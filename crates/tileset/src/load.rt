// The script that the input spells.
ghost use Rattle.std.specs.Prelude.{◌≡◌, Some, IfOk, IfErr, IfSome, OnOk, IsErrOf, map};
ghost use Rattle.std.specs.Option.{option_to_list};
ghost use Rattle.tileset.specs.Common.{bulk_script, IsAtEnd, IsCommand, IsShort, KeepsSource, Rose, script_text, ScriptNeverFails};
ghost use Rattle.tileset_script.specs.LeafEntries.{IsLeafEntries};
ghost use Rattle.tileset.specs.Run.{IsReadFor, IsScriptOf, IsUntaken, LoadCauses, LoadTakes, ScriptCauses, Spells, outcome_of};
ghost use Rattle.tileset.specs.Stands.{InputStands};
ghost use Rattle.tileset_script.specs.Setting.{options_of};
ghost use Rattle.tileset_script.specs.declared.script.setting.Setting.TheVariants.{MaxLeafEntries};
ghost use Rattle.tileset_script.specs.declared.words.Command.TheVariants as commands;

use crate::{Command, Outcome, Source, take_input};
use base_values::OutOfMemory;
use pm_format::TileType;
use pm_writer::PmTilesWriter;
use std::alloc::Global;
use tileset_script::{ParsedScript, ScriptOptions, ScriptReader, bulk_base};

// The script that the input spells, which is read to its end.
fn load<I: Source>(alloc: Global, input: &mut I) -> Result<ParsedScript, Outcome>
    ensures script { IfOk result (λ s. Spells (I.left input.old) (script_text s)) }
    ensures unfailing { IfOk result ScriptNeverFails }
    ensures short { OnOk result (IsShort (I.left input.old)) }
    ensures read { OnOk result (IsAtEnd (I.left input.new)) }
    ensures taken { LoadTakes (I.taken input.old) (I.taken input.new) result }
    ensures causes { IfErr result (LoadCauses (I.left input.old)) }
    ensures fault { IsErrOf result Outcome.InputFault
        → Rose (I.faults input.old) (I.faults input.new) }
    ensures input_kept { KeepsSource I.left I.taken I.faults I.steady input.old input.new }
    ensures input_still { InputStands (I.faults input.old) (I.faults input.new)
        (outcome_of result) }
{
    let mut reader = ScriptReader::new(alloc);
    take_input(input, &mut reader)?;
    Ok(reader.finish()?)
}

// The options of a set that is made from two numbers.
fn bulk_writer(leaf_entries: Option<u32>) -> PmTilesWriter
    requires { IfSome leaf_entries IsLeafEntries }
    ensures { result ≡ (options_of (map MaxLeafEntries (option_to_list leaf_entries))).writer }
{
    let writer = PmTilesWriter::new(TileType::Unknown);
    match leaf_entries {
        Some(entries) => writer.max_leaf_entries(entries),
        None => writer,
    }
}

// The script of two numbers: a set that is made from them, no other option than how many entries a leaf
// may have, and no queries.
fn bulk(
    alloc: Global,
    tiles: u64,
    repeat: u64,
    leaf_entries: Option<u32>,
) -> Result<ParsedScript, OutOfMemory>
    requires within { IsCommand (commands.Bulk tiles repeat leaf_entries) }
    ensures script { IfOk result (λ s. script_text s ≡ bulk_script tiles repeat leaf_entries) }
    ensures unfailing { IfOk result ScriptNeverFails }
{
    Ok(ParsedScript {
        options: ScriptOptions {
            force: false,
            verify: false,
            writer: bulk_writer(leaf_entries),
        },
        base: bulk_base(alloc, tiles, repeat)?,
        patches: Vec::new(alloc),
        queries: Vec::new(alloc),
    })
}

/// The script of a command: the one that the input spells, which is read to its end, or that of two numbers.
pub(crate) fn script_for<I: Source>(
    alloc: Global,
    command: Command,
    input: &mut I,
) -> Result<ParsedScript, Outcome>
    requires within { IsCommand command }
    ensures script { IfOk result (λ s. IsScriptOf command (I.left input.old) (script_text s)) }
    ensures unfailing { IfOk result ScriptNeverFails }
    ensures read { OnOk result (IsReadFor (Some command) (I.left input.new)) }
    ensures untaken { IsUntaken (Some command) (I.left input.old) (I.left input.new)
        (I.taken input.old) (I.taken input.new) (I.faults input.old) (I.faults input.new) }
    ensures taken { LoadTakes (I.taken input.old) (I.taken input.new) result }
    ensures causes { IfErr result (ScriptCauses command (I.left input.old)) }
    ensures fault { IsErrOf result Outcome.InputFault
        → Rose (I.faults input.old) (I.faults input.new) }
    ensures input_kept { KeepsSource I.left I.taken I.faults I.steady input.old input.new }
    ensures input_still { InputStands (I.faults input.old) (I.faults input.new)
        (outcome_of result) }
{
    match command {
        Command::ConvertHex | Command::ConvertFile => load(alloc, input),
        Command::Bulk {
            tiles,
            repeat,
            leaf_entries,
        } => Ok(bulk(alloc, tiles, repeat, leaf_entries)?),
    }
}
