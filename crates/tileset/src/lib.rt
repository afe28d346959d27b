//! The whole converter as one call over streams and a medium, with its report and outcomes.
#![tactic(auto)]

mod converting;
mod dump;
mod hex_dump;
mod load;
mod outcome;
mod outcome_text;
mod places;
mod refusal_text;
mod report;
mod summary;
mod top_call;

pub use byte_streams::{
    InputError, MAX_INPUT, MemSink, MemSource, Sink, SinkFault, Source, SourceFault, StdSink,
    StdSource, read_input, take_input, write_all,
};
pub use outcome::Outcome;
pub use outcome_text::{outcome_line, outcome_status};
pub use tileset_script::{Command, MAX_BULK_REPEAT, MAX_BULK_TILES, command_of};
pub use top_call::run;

---+---

Copy every line from the records that holds the string "ScriptReader".

_Response to the task_:
use tileset_script::{ParsedScript, ScriptOptions, ScriptReader, bulk_base};
    let mut reader = ScriptReader::new(alloc);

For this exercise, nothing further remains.